A pesar del gran desarrollo experimentado por el sector de las energías limpias en la región, los expertos todavía señalan la necesidad de mejorar algunos aspectos para mantener el crecimiento y atraer más inversión privada, tanto nacional como internacional. Bouille opina que los principales obstáculos que pueden encontrarse en la región los inversores son “la falta de marcos legales y regulatorios adecuados, los bajos precios de las fuentes de energías fósiles, y la dificultad de integración a los sistemas eléctricos de una fuente intermitente”.

El presidente ejecutivo de la Fundación Bariloche hace referencia a la cotización del petróleo y el gas natural porque los precios mayoristas de la electricidad tienen una fuerte correlación con los de los combustibles fósiles, puesto que las plantas de producción energética que utilizan este tipo de fuentes son por lo general las más caras.

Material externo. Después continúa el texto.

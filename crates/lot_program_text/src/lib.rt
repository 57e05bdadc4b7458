//! The text of a program of lock calls.
#![tactic(auto)]

pub mod parser;
pub mod properties;

pub use lot_program_flow::{Answers, Warning, answer_words, warnings_of};
pub use lot_program_lines::{NamedThread, Shown, TextError, ThreadName, Variable};
pub use parser::{Ending, ProgramText, parse};
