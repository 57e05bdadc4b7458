//! How text is written into a picture.
ghost use Rattle.std.specs.Prelude.{OnOk};
ghost use Rattle.std.specs.Io.KnownBytes.{Appends};
ghost use Rattle.picture_svg.specs.Escapes.{escaped, escaped_byte};

use std::io;
use std::io::Write;

/// Writes text between tags.
pub fn put_text<W: Write>(out: &mut W, text: &[u8]) -> io::Result<()>
    ensures { OnOk result (Appends (W.contents out.old) (W.contents out.new) (escaped text.now)) }
{
    for byte in text {
        put_byte(out, *byte)?;
    }
    Ok(())
}

fn put_byte<W: Write>(out: &mut W, byte: u8) -> io::Result<()>
    ensures { OnOk result (Appends (W.contents out.old) (W.contents out.new)
        (escaped_byte byte)) }
{
    match byte {
        b'<' => out.write_all(b"&lt;"),
        b'>' => out.write_all(b"&gt;"),
        b'&' => out.write_all(b"&amp;"),
        other => out.write_all(&[other]),
    }
}
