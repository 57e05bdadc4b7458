//! Arrows, from the thread that takes a step to the threads that it wakes, moves, or hands a lock.

use lot_picture::{Column, Effect, Event, Recording};
use picture_layout::Sheet;
use picture_layout::layout::{HALF, LANE, Panel, Pixels, lane_below};
use std::io;
use std::io::Write;

/// How an arrow looks: the class of its shaft and of its head.
#[derive(Clone, Copy)]
pub struct Arrow {
    pub shaft: &'static str,
    pub head: &'static str,
    pub means: &'static str,
}

/// Returns how the arrow of an effect looks. A taken thread has none.
pub fn arrow_of(effect: Effect) -> Option<Arrow> {
    match effect {
        Effect::Wakes => Some(Arrow {
            shaft: "shaft",
            head: "head",
            means: "wakes",
        }),
        Effect::HandsOver => Some(Arrow {
            shaft: "shaft double",
            head: "head",
            means: "hands the lock over to",
        }),
        Effect::Moves => Some(Arrow {
            shaft: "shaft dashed",
            head: "head hollow",
            means: "moves to this lock's queue",
        }),
        Effect::Takes => None,
    }
}

/// Writes the arrows of a panel, whose lanes begin here.
pub fn draw_arrows<W: Write>(
    out: &mut W,
    sheet: &Sheet<'_>,
    panel: Panel,
    top: Pixels,
) -> io::Result<()> {
    for (at, column) in panel.columns(sheet.recording).iter().enumerate() {
        draw_events(out, sheet.recording, column, sheet.layout.column(at), top)?;
    }
    Ok(())
}

/// Writes the arrows of a column.
fn draw_events<W: Write>(
    out: &mut W,
    recording: &Recording,
    column: &Column,
    x: Pixels,
    top: Pixels,
) -> io::Result<()> {
    for event in column.events.iter() {
        if let Some(arrow) = arrow_of(event.effect) {
            if let Some((from, to)) = ends_of(recording, column, *event) {
                draw_upright(out, arrow, x, top + from, top + to)?;
            }
        }
    }
    Ok(())
}

/// Returns where an arrow begins and ends, below the top of all lanes. It has no ends where one of
/// its threads isn't shown.
fn ends_of(recording: &Recording, column: &Column, event: Event) -> Option<(Pixels, Pixels)> {
    let to = lane_below(recording, event.thread, event.lock)?;
    let thread = column.thread?;
    let own = match lane_below(recording, thread, event.lock) {
        Some(own) => own,
        None => lane_below(recording, thread, recording.lanes_of(thread).first()?.lock)?,
    };
    if own < to {
        Some((own + HALF, to))
    } else {
        Some((own + HALF, to + LANE))
    }
}

/// Writes an arrow from one height to another.
fn draw_upright<W: Write>(
    out: &mut W,
    arrow: Arrow,
    x: Pixels,
    from: Pixels,
    to: Pixels,
) -> io::Result<()> {
    let path = if from < to {
        let end = to.less(Pixels(6));
        draw_shaft(out, arrow, x, from, x, end)?;
        "l-4 -7h8z"
    } else {
        draw_shaft(out, arrow, x, from, x, to + Pixels(6))?;
        "l-4 7h8z"
    };
    let head = arrow.head;
    writeln!(out, "<path class=\"{head}\" d=\"M{x} {to}{path}\"/>")?;
    writeln!(
        out,
        "<circle class=\"origin\" cx=\"{x}\" cy=\"{from}\" r=\"2.2\"/>"
    )
}

/// Writes the shaft of an arrow. A double one is a light line on a broad dark one.
fn draw_shaft<W: Write>(
    out: &mut W,
    arrow: Arrow,
    x: Pixels,
    y: Pixels,
    to_x: Pixels,
    to_y: Pixels,
) -> io::Result<()> {
    let shaft = arrow.shaft;
    let path = "<path class=\"";
    writeln!(out, "{path}halo\" d=\"M{x} {y}L{to_x} {to_y}\"/>")?;
    writeln!(out, "{path}{shaft}\" d=\"M{x} {y}L{to_x} {to_y}\"/>")?;
    if shaft == "shaft double" {
        writeln!(out, "{path}core\" d=\"M{x} {y}L{to_x} {to_y}\"/>")?;
    }
    Ok(())
}

/// Writes an arrow of the legend, which begins here.
pub fn draw_lying<W: Write>(out: &mut W, arrow: Arrow, x: Pixels, y: Pixels) -> io::Result<()> {
    let tip = x + Pixels(17);
    draw_shaft(out, arrow, x, y, tip.less(Pixels(6)), y)?;
    let head = arrow.head;
    writeln!(out, "<path class=\"{head}\" d=\"M{tip} {y}l-7 -4v8z\"/>")
}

Según Climascopio, la caída de la cotización del barril de crudo podría impactar a los proyectos comerciales de energía limpia, ya que éstos se basan en los altos precios de los mercados mayoristas de electricidad para lograr el retorno de las inversiones.

Palma-Rojas también coincide en señalar como algunos de los principales problemas para las empresas que quieran entrar en Latinoamérica “la falta de un marco político y legal sólido para la introducción y uso de energías renovables, y la ausencia de sistemas eléctricos flexible, confiables, seguros y accesibles para la introducción de fuentes variables, como la solar y eólica”. Al mismo tiempo, advierte de otra serie de inconvenientes: “falta de infraestructura e incentivos económicos; restricciones en el sistema de transmisión y distribución; falta de planeamiento común en muchos de los países de la región; y no preparar al mercado para la competencia leal entre fuentes energéticas tanto en el sector de energía eléctrico como de transporte”.

Según Conde Mellado, la financiación siempre puede ser un obstáculo para los inversores, si bien, considera que no es un problema atribuible únicamente a la región en la que se ejecuta la inversión. “La mano de obra cualificada para la operación y mantenimiento de los activos renovables también es un aspecto clave, aunque Latinoamérica siempre se ha considerado un gran actor en el ámbito de la manutención”, apunta. “En el ámbito eólico, por ejemplo, la colateralidad de otras industrias puede ser clave, y a medida que se desarrollen más inversiones, será más fácil también contar con grúas idóneas por ejemplo para el montaje y mantenimiento de aerogeneradores, piezas de parque y logística de grandes piezas, economías de escala para los operadores…”.

Futuro

El informe de PWC prevé que la velocidad de crecimiento que mantiene el sector en América Latina continuará durante 2016, especialmente impulsado por Brasil, México y Chile. Los expertos respaldan esta visión de cara a los próximos años, aunque con diferentes matices.

Para Bouille, los datos de los últimos años muestran una tendencia al alza para este sector en la región, aunque advierte sobre el ritmo de crecimiento para los próximos ejercicios: “no pueden esperarse saltos tan fuertes como los que se dieron entre 2014 y 2015”.

Conde Mellado, por su parte, cree que la importancia de este sector y su desarrollo en la región va más allá de las cifras de grandes operaciones que se puedan registrar en informes como los de PWC. “Desde luego, nos encontramos en un momento de interés en la región, sin embargo, no me ceñiría únicamente al aumento de las inversiones de capital, sino al negocio recurrente que generará en la zona el mantenimiento y explotación de todos los activos puestos en operación durante estos años. Latinoamérica puede ser un polo renovable de gran interés mundial”, concluye.